→ **Data shown**:
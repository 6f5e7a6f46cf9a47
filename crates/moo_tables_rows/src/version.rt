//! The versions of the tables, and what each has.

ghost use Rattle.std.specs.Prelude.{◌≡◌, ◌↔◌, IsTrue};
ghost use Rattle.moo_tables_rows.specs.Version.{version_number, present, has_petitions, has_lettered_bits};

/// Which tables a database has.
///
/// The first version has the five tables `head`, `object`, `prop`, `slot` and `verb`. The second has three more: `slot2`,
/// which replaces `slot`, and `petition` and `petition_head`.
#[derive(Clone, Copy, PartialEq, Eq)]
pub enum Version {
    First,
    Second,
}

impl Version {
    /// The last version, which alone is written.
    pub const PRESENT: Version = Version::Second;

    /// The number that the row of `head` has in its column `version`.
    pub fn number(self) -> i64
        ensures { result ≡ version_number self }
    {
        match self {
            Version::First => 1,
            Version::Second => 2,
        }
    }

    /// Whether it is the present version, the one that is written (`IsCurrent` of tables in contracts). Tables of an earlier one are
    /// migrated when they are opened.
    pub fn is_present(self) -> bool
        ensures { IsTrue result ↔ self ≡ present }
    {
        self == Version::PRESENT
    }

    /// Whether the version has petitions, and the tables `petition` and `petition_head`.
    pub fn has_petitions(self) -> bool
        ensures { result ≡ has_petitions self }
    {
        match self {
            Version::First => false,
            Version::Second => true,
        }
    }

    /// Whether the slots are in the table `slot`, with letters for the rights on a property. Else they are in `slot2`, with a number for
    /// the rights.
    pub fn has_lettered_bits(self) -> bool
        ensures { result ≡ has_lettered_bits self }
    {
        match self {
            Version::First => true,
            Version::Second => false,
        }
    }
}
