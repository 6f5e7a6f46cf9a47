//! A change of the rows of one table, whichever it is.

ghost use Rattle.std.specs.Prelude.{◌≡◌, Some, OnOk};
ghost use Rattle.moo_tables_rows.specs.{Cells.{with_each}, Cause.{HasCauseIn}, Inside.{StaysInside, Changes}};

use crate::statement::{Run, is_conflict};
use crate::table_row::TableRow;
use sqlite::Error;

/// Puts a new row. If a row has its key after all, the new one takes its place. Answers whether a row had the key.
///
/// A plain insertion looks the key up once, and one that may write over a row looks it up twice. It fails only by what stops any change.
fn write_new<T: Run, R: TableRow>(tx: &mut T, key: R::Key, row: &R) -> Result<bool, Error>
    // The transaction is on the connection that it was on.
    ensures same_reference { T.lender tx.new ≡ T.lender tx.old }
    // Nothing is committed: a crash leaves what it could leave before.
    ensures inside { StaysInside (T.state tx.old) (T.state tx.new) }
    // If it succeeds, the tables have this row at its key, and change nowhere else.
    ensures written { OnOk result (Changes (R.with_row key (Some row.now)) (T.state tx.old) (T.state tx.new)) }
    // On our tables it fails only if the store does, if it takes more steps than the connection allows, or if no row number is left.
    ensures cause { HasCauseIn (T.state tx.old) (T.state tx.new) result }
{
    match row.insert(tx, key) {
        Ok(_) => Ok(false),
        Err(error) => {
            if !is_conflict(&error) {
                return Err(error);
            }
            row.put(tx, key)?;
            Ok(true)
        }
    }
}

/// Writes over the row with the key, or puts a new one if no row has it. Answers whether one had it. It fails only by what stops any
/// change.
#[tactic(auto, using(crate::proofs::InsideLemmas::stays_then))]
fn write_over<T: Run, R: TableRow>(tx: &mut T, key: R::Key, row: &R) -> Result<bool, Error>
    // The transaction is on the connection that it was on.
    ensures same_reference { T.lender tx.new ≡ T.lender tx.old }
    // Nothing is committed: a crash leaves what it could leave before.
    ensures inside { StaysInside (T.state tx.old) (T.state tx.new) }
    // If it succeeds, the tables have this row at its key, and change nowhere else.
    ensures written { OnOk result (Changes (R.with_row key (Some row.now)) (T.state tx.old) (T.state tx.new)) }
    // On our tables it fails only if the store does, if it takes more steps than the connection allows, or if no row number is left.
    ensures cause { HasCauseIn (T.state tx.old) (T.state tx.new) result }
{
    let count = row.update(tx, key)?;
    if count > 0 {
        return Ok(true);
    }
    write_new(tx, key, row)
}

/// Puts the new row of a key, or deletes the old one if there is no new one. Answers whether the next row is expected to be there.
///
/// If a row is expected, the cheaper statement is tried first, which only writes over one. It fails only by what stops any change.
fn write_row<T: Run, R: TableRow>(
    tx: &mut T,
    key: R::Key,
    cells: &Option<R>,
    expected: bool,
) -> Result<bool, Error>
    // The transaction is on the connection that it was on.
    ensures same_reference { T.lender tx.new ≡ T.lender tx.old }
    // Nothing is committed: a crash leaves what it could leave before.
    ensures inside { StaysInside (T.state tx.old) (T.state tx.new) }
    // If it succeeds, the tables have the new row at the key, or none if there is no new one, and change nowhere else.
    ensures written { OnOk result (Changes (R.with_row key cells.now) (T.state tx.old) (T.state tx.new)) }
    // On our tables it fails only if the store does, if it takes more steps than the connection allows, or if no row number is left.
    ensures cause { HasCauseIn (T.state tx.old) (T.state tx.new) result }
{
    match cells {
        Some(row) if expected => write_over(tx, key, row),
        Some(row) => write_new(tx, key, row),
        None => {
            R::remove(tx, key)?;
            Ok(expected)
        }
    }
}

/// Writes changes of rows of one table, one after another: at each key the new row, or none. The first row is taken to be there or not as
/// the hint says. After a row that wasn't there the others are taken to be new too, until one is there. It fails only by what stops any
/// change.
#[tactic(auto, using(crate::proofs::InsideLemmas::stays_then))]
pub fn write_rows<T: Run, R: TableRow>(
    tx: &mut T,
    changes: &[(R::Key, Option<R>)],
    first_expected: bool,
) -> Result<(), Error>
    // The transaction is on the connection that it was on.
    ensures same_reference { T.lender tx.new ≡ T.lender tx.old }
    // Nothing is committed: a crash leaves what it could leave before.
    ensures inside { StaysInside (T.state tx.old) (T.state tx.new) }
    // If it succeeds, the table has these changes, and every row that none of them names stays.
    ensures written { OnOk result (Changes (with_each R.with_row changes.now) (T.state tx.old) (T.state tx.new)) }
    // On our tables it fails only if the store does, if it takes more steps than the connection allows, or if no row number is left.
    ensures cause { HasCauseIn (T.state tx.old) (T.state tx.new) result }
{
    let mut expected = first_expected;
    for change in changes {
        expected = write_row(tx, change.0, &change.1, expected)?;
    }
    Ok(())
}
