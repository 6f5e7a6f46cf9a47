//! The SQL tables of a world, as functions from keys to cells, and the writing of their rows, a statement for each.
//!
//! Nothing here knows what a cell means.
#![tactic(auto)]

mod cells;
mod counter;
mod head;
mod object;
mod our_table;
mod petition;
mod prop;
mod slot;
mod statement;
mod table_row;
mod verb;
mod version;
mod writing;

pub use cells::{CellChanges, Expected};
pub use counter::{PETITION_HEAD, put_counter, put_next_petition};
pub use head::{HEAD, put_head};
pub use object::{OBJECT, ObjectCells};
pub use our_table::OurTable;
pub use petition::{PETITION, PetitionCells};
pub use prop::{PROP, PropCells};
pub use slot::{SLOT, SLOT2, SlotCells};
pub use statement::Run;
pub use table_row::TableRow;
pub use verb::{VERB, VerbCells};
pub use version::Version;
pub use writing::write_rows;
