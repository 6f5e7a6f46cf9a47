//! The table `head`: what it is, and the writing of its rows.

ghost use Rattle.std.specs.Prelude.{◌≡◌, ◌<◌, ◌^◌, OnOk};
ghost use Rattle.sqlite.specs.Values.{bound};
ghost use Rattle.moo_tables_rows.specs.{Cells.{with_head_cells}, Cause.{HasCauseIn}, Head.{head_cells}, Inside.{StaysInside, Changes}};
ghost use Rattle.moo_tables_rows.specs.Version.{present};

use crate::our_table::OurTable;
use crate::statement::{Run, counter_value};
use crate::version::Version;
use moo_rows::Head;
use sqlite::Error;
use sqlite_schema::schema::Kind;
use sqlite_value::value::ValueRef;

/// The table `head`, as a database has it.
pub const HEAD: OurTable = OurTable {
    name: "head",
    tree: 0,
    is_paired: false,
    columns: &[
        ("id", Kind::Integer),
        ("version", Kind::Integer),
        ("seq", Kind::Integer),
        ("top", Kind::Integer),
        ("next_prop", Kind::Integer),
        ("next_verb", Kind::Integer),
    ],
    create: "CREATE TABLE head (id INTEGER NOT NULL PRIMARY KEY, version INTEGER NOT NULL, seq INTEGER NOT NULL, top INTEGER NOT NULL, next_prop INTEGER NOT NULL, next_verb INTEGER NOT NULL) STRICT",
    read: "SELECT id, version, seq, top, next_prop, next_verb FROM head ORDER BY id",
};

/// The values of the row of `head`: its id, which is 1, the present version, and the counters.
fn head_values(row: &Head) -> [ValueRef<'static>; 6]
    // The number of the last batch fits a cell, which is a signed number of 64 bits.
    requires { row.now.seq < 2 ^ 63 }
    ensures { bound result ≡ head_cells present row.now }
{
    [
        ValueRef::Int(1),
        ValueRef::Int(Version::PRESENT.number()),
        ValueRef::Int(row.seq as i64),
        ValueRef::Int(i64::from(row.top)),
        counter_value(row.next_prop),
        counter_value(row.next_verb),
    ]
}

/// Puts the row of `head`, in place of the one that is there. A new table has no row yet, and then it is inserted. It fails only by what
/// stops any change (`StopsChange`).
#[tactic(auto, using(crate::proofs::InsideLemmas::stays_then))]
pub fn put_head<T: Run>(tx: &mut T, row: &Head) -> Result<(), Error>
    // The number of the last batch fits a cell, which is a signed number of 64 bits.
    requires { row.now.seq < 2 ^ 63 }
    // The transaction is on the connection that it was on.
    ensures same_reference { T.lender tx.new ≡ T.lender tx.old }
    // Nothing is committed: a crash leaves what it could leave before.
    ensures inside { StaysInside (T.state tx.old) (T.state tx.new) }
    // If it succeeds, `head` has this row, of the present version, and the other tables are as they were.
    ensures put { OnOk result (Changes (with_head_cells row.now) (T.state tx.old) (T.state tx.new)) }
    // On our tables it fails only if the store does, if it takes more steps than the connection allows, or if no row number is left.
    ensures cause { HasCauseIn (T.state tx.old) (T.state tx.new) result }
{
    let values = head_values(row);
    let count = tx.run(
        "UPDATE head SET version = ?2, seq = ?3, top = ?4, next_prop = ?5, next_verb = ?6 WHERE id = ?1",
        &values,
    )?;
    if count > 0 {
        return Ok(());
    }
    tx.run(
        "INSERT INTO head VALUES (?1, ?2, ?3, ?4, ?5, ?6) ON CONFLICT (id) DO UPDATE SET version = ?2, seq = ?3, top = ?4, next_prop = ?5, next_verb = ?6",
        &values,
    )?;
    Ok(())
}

→ **Brief**: All lines from the beginning of the entries through the line marked "The first version" are to be output exactly; nothing else belongs in the answer.

→ **Reply to the exercise**:
repository 6f5e7a6f46cf9a47
filename crates/moo_tables_rows/src/version.rt
//! The versions of the tables, and what each has.

ghost use Rattle.std.specs.Prelude.{◌≡◌, ◌↔◌, IsTrue};
ghost use Rattle.moo_tables_rows.specs.Version.{version_number, present, has_petitions, has_lettered_bits};

/// Which tables a database has.
///
/// The first version has the five tables `head`, `object`, `prop`, `slot` and `verb`. The second has three more: `slot2`,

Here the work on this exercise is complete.